**EXERCISE PROMPT**
The answer is every line in the data below that contains the word "Sync".

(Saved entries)
* * * * * * * * *

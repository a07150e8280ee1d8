ghost use Rattle.std.specs.Prelude.{◌≡◌, ◌<◌, ℕ, List, length, map, string_bytes, take, IfErr, IfSome, IsErr};
ghost use Rattle.smarts_io.specs.Bytes.{Gives, Takes};
ghost use Rattle.smarts_io.specs.Causes.{Rose};
ghost use Rattle.smarts_text.specs.Read.{meaning};
ghost use Rattle.smarts_text.specs.Texts.{fault_line};
ghost use Rattle.turbosmarts.specs.Answer.{AsksForInput, answer};
ghost use Rattle.turbosmarts.specs.Ending.{EndsAs, HasAnswered, IsAnswered, IsBadWords, IsDetermined, IsFault, IsUnwritten, end_line};
ghost use Rattle.turbosmarts.specs.Telling.{TakesFront};

use crate::ending::End;
use crate::serving::serve;
use crate::telling::tell;
use smarts_base::{Gate, Refusal};
use smarts_io::{Sink, Source};
use smarts_text::{Status, read_words};
use std::alloc::Global;
use std::thread::Threads;

/// All that the program does: it takes the words of the command line, without the program's name, reads its
/// input from the source, writes its answer to the sink, and tells a person about it by the lines.
///
/// The answer to words and input is one function of both, whatever the source and the sinks are like. For
/// `sample` it is the report of one thread that keeps the whole machine, feeds plain caches and the predictor every
/// instruction, times each unit's window from there, and folds the units in the shuffled order until the test of
/// confidence first holds or none is left. `demo` is a sample of the program that is made from its size and seed.
/// For `estimate` it is the same of the windows that the points of a library tell, in their order, at any number of
/// workers. Each worker tells the gate the number of each point before it simulates it.
pub fn turbosmarts<R: Threads + Sync, S: Source, K: Sink, F: Sink, G: Gate + Sync>(
    rt: &R,
    alloc: Global,
    words: &[String],
    source: &mut S,
    sink: &mut K,
    lines: &mut F,
    gate: &G,
) -> Status
    // An end that isn't due to the source, the sink or memory is the answer's, and so is what was written.
    ensures status { IsDetermined result → IfSome (S.rest source.old) (λ input.
        result ≡ (answer (map string_bytes words.now) input).status) }
    ensures written { IsDetermined result → IfSome (S.rest source.old) (λ input.
        Takes (K.taken sink.old) (answer (map string_bytes words.now) input).bytes (K.taken sink.new)) }
    ensures words { IfErr (meaning (map string_bytes words.now)) (λ fault.
        (result ≡ Status.NoMemory → ⊥) → result ≡ Status.BadWords fault) }
    ensures words_only { IsBadWords result → IsErr (meaning (map string_bytes words.now)) }

    // Whether the source tells its bytes or not, there is an input that was answered, and where the source tells
    // it, it is this one.
    ensures answered { IsAnswered result → HasAnswered (answer (map string_bytes words.now))
        (record {
          before = S.rest source.old;
          after = S.rest source.new;
          faults_before = S.faults source.old;
          faults_after = S.faults source.new;
        })
        (record {
          before = K.taken sink.old;
          after = K.taken sink.new;
          faults_before = K.faults sink.old;
          faults_after = K.faults sink.new;
        })
        (λ text. TakesFront text (F.taken lines.old) (F.taken lines.new) (F.faults lines.old) (F.faults lines.new))
        result }

    // A fault but that of a write wrote nothing.
    ensures unwritten { IsUnwritten result → K.taken sink.new ≡ K.taken sink.old }

    // A read fault comes only where the words ask for a command that reads the input, and the source failed in
    // this call.
    ensures read_asked { result ≡ Status.ReadFault → AsksForInput (meaning (map string_bytes words.now)) }
    ensures read_cause { result ≡ Status.ReadFault → Rose (S.faults source.old) (S.faults source.new) }

    // A write fault comes only where there was an answer to write and the sink failed in this call. The sink
    // then has a front of the answer.
    ensures write_cause { (taken : ℕ) → result ≡ Status.WriteFault taken →
        Rose (K.faults sink.old) (K.faults sink.new) }
    ensures write_done { (taken : ℕ) → result ≡ Status.WriteFault taken → IfSome (S.rest source.old) (λ input.
        (answer (map string_bytes words.now) input).status ≡ Status.Done) }
    ensures write_front { (taken : ℕ) → result ≡ Status.WriteFault taken → IfSome (S.rest source.old) (λ input.
        Takes (K.taken sink.old) (take taken (answer (map string_bytes words.now) input).bytes)
        (K.taken sink.new)) }
    ensures write_short { (taken : ℕ) → result ≡ Status.WriteFault taken → IfSome (S.rest source.old) (λ input.
        taken < length (answer (map string_bytes words.now) input).bytes) }

    // Of the input was read what the answer reads. Where the words ask for none, the source is as it was.
    ensures read { IsAnswered result → IfSome (S.rest source.old) (λ input.
        Gives (S.rest source.old) (answer (map string_bytes words.now) input).read (S.rest source.new)) }
    ensures unread { (AsksForInput (meaning (map string_bytes words.now)) → ⊥) → S.rest source.new ≡ S.rest source.old }
    ensures unread_count { (AsksForInput (meaning (map string_bytes words.now)) → ⊥) → S.faults source.new ≡ S.faults source.old }

    // The lines took the text of the fault, or of the exit of the program that was run: all of it, unless they
    // failed in this call.
    ensures lines_fault { IsFault result → TakesFront (fault_line result)
        (F.taken lines.old) (F.taken lines.new) (F.faults lines.old) (F.faults lines.new) }
    ensures lines_done { result ≡ Status.Done → IfSome (S.rest source.old) (λ input.
        TakesFront (answer (map string_bytes words.now) input).lines
        (F.taken lines.old) (F.taken lines.new) (F.faults lines.old) (F.faults lines.new)) }
{
    let end = end_of(rt, alloc, words, source, sink, gate);
    let mut text = [0; 64];
    let length = end.text(&mut text);
    tell(lines, &text[..length]);
    end.status
}

fn end_of<R: Threads + Sync, S: Source, K: Sink, G: Gate + Sync>(
    rt: &R,
    alloc: Global,
    words: &[String],
    source: &mut S,
    sink: &mut K,
    gate: &G,
) -> End
    ensures ends { EndsAs (answer (map string_bytes words.now)) (AsksForInput (meaning (map string_bytes words.now)))
        (record {
          before = S.rest source.old;
          after = S.rest source.new;
          faults_before = S.faults source.old;
          faults_after = S.faults source.new;
        })
        (record {
          before = K.taken sink.old;
          after = K.taken sink.new;
          faults_before = K.faults sink.old;
          faults_after = K.faults sink.new;
        })
        result.status (end_line result.status result.exit) }
    ensures words { IfErr (meaning (map string_bytes words.now)) (λ fault.
        (result.status ≡ Status.NoMemory → ⊥) → result.status ≡ Status.BadWords fault) }
    ensures words_only { IsBadWords result.status → IsErr (meaning (map string_bytes words.now)) }
{
    match read_words(words) {
        Ok(command) => serve(rt, alloc, &command, source, sink, gate),
        Err(Refusal::Fault(fault)) => End::of(Status::BadWords(fault)),
        Err(Refusal::NoMemory) => End::of(Status::NoMemory),
    }
}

* * * * * * * * *

**YOUR SOLUTION**
pub fn turbosmarts<R: Threads + Sync, S: Source, K: Sink, F: Sink, G: Gate + Sync>(
fn end_of<R: Threads + Sync, S: Source, K: Sink, G: Gate + Sync>(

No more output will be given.